Let us consider this function over the domain of $x \in [0,1]$


In [None]:


# define the function
def xsinx (x: float) -> float:
    return np.sinc(3*x)

approximator = UnivariateApproximator(xsinx)
approximator.train(1)
approximator.evaluate_model()
correlation = approximator.correlation()
print(f'The Pearson correlation between ground truth and prediction is {correlation}')

### Plot the original function and its neural approximation

In [None]:
fig = approximator.create_plots()

## An interesting function

\begin{equation}
y = \sin(2 \sin(2 \sin(2 \sin(10 x))))
\end{equation}


In [None]:
# define the function
def to_many_sines (x: float) -> float:
    return np.sin (2*np.sin(2*np.sin(2*np.sin(10*x))))

approximator = UnivariateApproximator(to_many_sines)
approximator.train(1)
approximator.evaluate_model()
correlation = approximator.correlation()
print(f'The Pearson correlation between ground truth and prediction is {correlation}')

### Plot the original function and its neural approximation

In [None]:
fig = approximator.create_plots()

## Homework

### Code walkthrough

Carefully walk through the code in the `svlearn.approximator.univariate_approximator` python module. In particular, look at the function `create_network()` to see how a regression network has been created. Can you explain why the input and output layers have only one node?

Now, review the main training loop in the function: `train()`. See how the main loop interates over the many epochs (each epoch is one complete cycle through the data, while learning). Furthermore, note how there is an inner loop of learning, which works only with a mini-batch from the data-loader.

### Different activation  functions

Which activation function is the `UnivariateApproximator` using? Replace it with some other activation functions, and see how it affects the speed of training, as well as the final model quality (loss).
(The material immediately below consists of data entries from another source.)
//! The search for the members of a catalogue under a job.
//!
//! The search fills in a code number by number, always trying the smallest number first, so members
//! appear in ascending order. For each job a `Descent` has the numbers of the job's prefix put in.
//! `find` and `advance` of dd_branch_tables are the one search for whatever is looked for: a loop
//! over levels, each with the numbers that are still to be tried at its prefix. `find` collects,
//! and the walk over tables stops at each.
//!
//! 1. *Which numbers can come next?* The image must be a chamber without an image, up to the first
//!    that was not met. `Stem::candidates` returns the set of these, from the bits of
//!    `PartialTable`. `TablePaths` (dd_branch_bounds) removes the numbers after which the shares of
//!    all chambers would be too small, or after which there would be more cells than the request
//!    allows (`sieve`). It looks only at the ends of the paths that a number joins, and at a census
//!    of the cells that are whole. Asking for all numbers at once lets what is the same for each be
//!    computed once, and what is left out leaves nothing to be taken back. A path of all chambers
//!    of a table of odd size is known to be a chain, so its share is that of a chain.
//! 2. *Put one in.* Each number, from the least on, is put into the table in place, with what
//!    commuting forces. An involution leads back, so an image and its way back are put in and taken
//!    out at once.
//! 3. *Absorb what follows.* Numbers that follow from others are no calls of their own. The longer
//!    prefix has the same symbols under it.
//! 4. *Is the prefix dead?* The paths are joined at their ends, without a walk. The prefix is given
//!    up in four cases. The total is too small. The size is odd and s0 moves chamber 1. The chamber
//!    whose image comes next was not met. The traversal from another chamber reads smaller.
//! 5. *Go on or go back.* What there was before is kept as a level (`UndoPoints`): the numbers
//!    of numbers and images, and the paths of the table. The paths are copied as a whole to the
//!    next level and changed there, so going back takes no copy.
//!
//! What is cut is proved to have no member under it. Tests that count the numbers put in show that
//! anything is cut at all. One kind of scratch is read by no clause: the other start chambers sleep
//! (`Starts`), each until the image is put in that its traversal lacked, and are then tried from
//! the beginning.
//!
//! A search keeps what it has put in for one job for the next of the same size (`Search`), whose
//! prefix mostly begins with the same numbers. It goes back to where both prefixes begin alike, and
//! on from there (`Descent::reach`). So the prefixes of an opening are put in once and not once a
//! job, and the room for a search is taken once a size. It also keeps the last prefix under which
//! it found that no member is, since the next jobs mostly begin with that one, too. Each thread has
//! a finder of its own (`fork`).
#![tactic(auto)]

mod descent;
mod job_descent;
mod laws;
mod search;
mod undo_point;
mod undo_points;

pub use dd_branch_degrees::{add_members_of, members_of};
pub use descent::Descent;
pub use laws::{
    a_front_emits_the_first_members, flat_symbols_have_small_shares,
    lists_under_an_opening_are_the_catalogue,
};
pub use search::Search;
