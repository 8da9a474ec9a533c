ghost use Rattle.std.specs.Prelude.{◌≡◌, ◌⊎◌, ◌≤◌, ◌*◌, [], length};
ghost use Rattle.std.specs.Bool.{OnTrue, OnFalse};
ghost use Rattle.dd_model.specs.declared.jobs.Job.{Job as Beginning};
ghost use Rattle.dd_model.specs.declared.requests.Request.{Request as Asked};
ghost use Rattle.dd_branch_tables.specs.Stem.{IsStem, prefix_of, size_of};
ghost use Rattle.dd_branch_tables.specs.Walk.{HasNoneLeft};
ghost use Rattle.dd_invol.specs.NextTable.{IsAhead, here};
ghost use Rattle.dd_invol.specs.TableSearch.{IsAtLevel, IsComing};

use crate::next_table::images_here;
use crate::splits::stem_of;
use crate::tables::Tables;
use arrayvec::ArrayVec;
use dd_branch_tables::{FirstVisits, Levels, PrefixSearch, advance, begin, go_back};
use dd_model::{Job, Request};

/// A search that comes to the tables under a job one after the other, and the images of the table
/// to which it came last, none before the first one. It stands at the last of its levels.
#[derive(Drop)]
pub(crate) struct TableSearch {
    pub(crate) tables: Tables,
    pub(crate) levels: Levels,
    pub(crate) seen: ArrayVec<u8, 108>,
}

impl TableSearch {
    /// The search under a stem.
    fn from_tables(mut tables: Tables) -> TableSearch
        requires { IsStem tables.stem }
        ensures coming { IsComing tables.request (here tables.stem) result }
        ensures first { (result.seen.items ≡ [])
            ⊎ IsAhead tables.request (here tables.stem) [] result.seen.items }
    {
        if !tables.is_whole() {
            let levels = begin(&tables);
            let seen = ArrayVec::new();
            return TableSearch {
                tables,
                levels,
                seen,
            };
        }
        let levels = Levels::none();
        let Some(seen) = images_here(&mut tables) else {
            let seen = ArrayVec::new();
            return TableSearch {
                tables,
                levels,
                seen,
            };
        };
        TableSearch {
            tables,
            levels,
            seen,
        }
    }

    /// The search under a job, which may have come to its first table.
    pub(crate) fn start(request: &Request, job: &Job) -> TableSearch
        requires size { (1 ≤ job.now.size) × (job.now.size ≤ 36) }
        requires short { length job.now.prefix ≤ 3 * job.now.size }
        ensures coming { IsComing request.now job.now result }
        ensures first { (result.seen.items ≡ [])
            ⊎ IsAhead request.now job.now [] result.seen.items }
    {
        let mut visit = FirstVisits::new();
        if let Some(stem) = stem_of(job, &mut visit) {
            return TableSearch::from_tables(Tables::from_stem(request, stem, visit));
        }
        TableSearch {
            tables: Tables::new(request, job.size as u8),
            levels: Levels::none(),
            seen: ArrayVec::new(),
        }
    }

    /// Comes to the next table; false where there is none.
    fn seek(&mut self) -> bool
        requires stem { IsStem self.old.tables.stem }
        requires at { IsAtLevel self.old.tables self.old.levels }
        ensures coming { (q : Asked) (job : Beginning)
            → IsComing q job self.old → IsComing q job self.new }
        ensures found { OnTrue result ((q : Asked) (job : Beginning) → IsComing q job self.old
            → IsAhead q job self.old.seen.items self.new.seen.items) }
        ensures none { OnFalse result ((q : Asked) (job : Beginning) → IsComing q job self.old
            → HasNoneLeft q job self.old.seen.items) }
        ensures same { OnFalse result (self.new.seen ≡ self.old.seen) }
    {
        while advance(&mut self.tables, &mut self.levels) {
            let found = images_here(&mut self.tables);
            go_back(&mut self.tables, &mut self.levels);
            if let Some(images) = found {
                self.seen = images;
                return true;
            }
        }
        false
    }

    /// Comes to the table after that of some images, the last one or the one before it; false where
    /// there is none.
    pub(crate) fn come_past(&mut self, last: &[u8]) -> bool
        requires stem { IsStem self.old.tables.stem }
        requires at { IsAtLevel self.old.tables self.old.levels }
        ensures coming { (q : Asked) (job : Beginning)
            → IsComing q job self.old → IsComing q job self.new }
        ensures found { OnTrue result ((q : Asked) (job : Beginning) → IsComing q job self.old
            → ((self.old.seen.items ≡ last.now) ⊎ IsAhead q job last.now self.old.seen.items)
            → IsAhead q job last.now self.new.seen.items) }
        ensures none { OnFalse result ((q : Asked) (job : Beginning) → IsComing q job self.old
            → HasNoneLeft q job last.now) }
        ensures same { OnFalse result (self.new.seen ≡ self.old.seen) }
    {
        if self.seen.as_slice() != last {
            return true;
        }
        self.seek()
    }
}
### Different learning rates

What is the learning rate in the `UnivariateApproximator`? What would happen if you increase or decrease the learning rate by a few orders of magnitude? Try it out, and discuss the results in our course slack channel.

### Structure of the neural network

What would happen if you either increase or decrease the number of layers in the neural network? In particular, what would happen if you consider a network with only one hidden layer? Try and find out. Can you get good results with only one layer? If so, what do you observe about the number of nodes you built that layer from?